**The task**
Your answer must consist of exactly the lines below, starting with the line with "length key.now ≡" and going on through the line with "fn secrets_are_not_told(rt: HostRuntime)", and nothing else.

**Source data**
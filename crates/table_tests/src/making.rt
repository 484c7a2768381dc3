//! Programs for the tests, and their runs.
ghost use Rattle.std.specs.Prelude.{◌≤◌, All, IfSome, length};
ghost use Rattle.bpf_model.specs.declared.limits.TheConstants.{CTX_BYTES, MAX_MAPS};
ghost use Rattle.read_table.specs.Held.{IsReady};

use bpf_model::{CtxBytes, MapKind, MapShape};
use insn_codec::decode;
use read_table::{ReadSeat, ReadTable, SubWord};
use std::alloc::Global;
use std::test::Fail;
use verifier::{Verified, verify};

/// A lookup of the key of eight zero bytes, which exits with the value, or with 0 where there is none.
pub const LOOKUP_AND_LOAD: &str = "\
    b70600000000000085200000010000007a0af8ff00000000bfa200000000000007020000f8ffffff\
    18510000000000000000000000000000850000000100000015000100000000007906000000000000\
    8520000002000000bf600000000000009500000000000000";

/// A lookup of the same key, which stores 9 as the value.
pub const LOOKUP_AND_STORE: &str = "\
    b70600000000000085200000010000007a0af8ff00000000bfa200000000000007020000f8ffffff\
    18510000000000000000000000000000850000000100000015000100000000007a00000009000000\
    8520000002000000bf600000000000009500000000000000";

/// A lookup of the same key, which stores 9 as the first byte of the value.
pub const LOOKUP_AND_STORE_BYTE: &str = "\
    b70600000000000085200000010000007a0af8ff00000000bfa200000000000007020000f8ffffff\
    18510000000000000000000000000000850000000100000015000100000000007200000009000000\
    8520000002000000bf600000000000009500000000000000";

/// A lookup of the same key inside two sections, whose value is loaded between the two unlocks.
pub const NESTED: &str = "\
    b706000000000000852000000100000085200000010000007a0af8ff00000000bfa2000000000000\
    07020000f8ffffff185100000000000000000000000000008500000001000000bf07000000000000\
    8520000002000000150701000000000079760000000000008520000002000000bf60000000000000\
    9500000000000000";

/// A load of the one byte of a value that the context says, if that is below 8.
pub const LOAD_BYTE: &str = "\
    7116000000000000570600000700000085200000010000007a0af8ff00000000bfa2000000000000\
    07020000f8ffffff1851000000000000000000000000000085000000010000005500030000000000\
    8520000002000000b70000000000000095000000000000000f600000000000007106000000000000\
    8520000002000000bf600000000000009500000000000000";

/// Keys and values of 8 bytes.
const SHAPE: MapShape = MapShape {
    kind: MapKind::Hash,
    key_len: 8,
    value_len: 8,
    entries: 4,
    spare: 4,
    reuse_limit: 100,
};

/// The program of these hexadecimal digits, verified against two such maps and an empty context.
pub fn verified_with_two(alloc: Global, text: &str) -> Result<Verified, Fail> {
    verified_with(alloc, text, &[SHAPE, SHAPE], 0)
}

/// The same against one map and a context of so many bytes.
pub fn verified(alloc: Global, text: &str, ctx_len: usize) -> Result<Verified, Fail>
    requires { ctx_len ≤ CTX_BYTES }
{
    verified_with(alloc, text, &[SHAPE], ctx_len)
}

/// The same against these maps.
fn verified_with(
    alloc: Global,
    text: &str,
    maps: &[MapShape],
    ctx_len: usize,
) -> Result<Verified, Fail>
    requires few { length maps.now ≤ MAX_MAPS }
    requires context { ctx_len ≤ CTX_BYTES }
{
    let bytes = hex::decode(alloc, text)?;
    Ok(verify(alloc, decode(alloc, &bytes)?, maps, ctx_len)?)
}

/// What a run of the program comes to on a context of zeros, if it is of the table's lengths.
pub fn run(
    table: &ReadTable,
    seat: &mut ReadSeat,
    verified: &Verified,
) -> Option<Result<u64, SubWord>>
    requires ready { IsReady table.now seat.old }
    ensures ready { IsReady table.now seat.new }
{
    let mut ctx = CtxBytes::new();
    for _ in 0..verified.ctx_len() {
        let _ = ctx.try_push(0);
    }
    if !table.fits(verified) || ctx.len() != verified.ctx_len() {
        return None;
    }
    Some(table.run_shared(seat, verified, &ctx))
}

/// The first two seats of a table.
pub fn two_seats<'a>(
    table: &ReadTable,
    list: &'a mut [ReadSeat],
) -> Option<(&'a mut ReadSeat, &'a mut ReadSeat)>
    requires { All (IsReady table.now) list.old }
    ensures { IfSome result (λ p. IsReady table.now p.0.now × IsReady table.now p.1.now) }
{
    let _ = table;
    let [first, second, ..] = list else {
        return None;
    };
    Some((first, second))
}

--

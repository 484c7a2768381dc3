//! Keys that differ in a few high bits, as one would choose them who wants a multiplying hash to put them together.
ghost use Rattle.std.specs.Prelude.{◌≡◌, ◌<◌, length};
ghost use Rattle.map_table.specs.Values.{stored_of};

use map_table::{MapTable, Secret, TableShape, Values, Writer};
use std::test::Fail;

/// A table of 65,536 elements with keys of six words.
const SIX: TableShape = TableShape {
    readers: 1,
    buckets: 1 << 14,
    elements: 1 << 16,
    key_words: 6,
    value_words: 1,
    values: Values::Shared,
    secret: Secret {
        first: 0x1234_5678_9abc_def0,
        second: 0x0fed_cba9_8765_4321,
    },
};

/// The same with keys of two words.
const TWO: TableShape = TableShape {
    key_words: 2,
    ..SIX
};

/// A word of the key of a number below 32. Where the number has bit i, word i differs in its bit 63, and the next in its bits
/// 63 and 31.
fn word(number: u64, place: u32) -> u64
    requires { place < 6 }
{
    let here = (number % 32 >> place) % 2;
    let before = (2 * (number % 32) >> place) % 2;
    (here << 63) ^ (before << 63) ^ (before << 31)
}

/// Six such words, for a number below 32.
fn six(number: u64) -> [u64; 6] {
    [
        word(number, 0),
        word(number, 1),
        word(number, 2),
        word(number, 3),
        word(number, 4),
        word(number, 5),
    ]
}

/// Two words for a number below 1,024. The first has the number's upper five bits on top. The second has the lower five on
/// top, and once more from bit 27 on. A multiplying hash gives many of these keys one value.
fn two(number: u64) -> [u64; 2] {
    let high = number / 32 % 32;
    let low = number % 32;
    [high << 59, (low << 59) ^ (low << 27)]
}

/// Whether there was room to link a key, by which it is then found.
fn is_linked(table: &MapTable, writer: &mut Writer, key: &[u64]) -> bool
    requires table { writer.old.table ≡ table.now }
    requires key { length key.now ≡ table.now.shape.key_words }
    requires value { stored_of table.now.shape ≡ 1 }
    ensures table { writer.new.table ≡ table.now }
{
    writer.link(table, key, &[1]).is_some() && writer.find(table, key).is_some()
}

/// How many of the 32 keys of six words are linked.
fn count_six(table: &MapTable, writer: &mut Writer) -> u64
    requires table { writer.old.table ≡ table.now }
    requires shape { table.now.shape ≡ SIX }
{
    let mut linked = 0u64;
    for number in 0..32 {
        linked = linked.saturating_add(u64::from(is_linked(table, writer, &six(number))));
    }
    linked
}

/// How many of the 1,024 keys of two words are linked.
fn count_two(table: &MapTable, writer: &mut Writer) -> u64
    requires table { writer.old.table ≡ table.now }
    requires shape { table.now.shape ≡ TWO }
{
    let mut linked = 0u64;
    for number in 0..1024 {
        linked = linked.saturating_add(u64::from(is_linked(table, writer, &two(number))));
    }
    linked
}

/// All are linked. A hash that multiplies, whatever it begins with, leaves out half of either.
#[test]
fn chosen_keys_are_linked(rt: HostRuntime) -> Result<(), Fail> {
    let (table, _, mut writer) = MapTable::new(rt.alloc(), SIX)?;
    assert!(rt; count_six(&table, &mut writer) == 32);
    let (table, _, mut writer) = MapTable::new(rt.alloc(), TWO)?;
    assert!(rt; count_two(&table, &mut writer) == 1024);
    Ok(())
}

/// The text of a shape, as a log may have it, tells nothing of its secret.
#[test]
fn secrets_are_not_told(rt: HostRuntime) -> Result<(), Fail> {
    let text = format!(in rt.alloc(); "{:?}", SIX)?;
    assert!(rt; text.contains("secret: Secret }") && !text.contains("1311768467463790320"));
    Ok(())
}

--

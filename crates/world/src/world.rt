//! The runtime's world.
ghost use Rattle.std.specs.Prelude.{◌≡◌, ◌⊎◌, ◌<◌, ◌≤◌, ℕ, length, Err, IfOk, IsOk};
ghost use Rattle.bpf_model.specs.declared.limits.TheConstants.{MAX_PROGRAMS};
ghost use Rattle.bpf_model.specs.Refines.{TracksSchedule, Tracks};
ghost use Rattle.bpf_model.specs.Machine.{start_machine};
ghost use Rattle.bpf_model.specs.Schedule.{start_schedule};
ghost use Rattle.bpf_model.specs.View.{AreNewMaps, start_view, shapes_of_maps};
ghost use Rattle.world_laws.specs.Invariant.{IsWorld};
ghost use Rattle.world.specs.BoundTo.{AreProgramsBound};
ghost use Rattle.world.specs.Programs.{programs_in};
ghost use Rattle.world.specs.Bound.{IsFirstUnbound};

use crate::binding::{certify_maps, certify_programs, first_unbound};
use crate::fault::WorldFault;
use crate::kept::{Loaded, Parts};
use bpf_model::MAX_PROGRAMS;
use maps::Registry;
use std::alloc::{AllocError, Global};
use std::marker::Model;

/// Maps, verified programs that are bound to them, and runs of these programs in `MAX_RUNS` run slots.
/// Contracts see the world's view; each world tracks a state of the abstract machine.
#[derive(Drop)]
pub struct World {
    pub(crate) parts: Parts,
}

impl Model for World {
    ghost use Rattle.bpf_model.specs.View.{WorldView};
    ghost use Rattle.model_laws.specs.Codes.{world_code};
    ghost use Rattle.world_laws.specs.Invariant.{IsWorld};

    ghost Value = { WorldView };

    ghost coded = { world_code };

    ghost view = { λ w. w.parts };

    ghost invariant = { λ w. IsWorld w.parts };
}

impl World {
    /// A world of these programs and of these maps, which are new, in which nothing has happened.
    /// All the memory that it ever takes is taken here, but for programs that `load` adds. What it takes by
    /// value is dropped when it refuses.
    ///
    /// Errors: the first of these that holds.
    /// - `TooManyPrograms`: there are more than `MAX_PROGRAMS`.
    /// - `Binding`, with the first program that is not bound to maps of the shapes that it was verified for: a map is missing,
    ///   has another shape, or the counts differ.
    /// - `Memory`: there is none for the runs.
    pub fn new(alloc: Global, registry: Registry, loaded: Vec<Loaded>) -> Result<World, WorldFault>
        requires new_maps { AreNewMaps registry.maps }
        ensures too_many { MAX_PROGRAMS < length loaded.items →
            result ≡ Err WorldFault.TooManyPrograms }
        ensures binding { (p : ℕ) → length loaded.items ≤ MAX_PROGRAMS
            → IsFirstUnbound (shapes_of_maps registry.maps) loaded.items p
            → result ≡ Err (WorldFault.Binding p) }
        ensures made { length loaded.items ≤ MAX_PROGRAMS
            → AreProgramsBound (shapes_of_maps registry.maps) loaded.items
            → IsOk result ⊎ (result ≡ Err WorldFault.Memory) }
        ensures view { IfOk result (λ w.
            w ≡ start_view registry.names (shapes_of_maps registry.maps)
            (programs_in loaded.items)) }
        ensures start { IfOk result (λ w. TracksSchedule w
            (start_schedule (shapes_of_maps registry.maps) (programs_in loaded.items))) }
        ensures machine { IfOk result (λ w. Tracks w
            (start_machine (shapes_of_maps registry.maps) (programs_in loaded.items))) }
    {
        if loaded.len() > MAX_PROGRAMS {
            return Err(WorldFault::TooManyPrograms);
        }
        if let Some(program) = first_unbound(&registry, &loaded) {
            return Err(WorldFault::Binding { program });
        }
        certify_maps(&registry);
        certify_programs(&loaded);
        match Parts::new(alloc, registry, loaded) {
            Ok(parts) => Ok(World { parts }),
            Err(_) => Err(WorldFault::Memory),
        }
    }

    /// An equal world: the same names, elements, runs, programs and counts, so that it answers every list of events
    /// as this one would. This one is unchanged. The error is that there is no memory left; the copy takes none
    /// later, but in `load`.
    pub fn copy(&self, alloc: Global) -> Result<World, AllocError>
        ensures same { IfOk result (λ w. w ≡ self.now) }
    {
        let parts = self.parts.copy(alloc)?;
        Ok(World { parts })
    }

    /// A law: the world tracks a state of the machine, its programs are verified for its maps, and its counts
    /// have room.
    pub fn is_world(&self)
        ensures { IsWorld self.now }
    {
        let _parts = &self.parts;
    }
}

**Result**
    requires key { length key.now ≡ table.now.shape.key_words }
    requires value { stored_of table.now.shape ≡ 1 }
    ensures table { writer.new.table ≡ table.now }
{
    writer.link(table, key, &[1]).is_some() && writer.find(table, key).is_some()
}

/// How many of the 32 keys of six words are linked.
fn count_six(table: &MapTable, writer: &mut Writer) -> u64
    requires table { writer.old.table ≡ table.now }
    requires shape { table.now.shape ≡ SIX }
{
    let mut linked = 0u64;
    for number in 0..32 {
        linked = linked.saturating_add(u64::from(is_linked(table, writer, &six(number))));
    }
    linked
}

/// How many of the 1,024 keys of two words are linked.
fn count_two(table: &MapTable, writer: &mut Writer) -> u64
    requires table { writer.old.table ≡ table.now }
    requires shape { table.now.shape ≡ TWO }
{
    let mut linked = 0u64;
    for number in 0..1024 {
        linked = linked.saturating_add(u64::from(is_linked(table, writer, &two(number))));
    }
    linked
}

/// All are linked. A hash that multiplies, whatever it begins with, leaves out half of either.
#[test]
fn chosen_keys_are_linked(rt: HostRuntime) -> Result<(), Fail> {
    let (table, _, mut writer) = MapTable::new(rt.alloc(), SIX)?;
    assert!(rt; count_six(&table, &mut writer) == 32);
    let (table, _, mut writer) = MapTable::new(rt.alloc(), TWO)?;
    assert!(rt; count_two(&table, &mut writer) == 1024);
    Ok(())
}

/// The text of a shape, as a log may have it, tells nothing of its secret.
#[test]
fn secrets_are_not_told(rt: HostRuntime) -> Result<(), Fail> {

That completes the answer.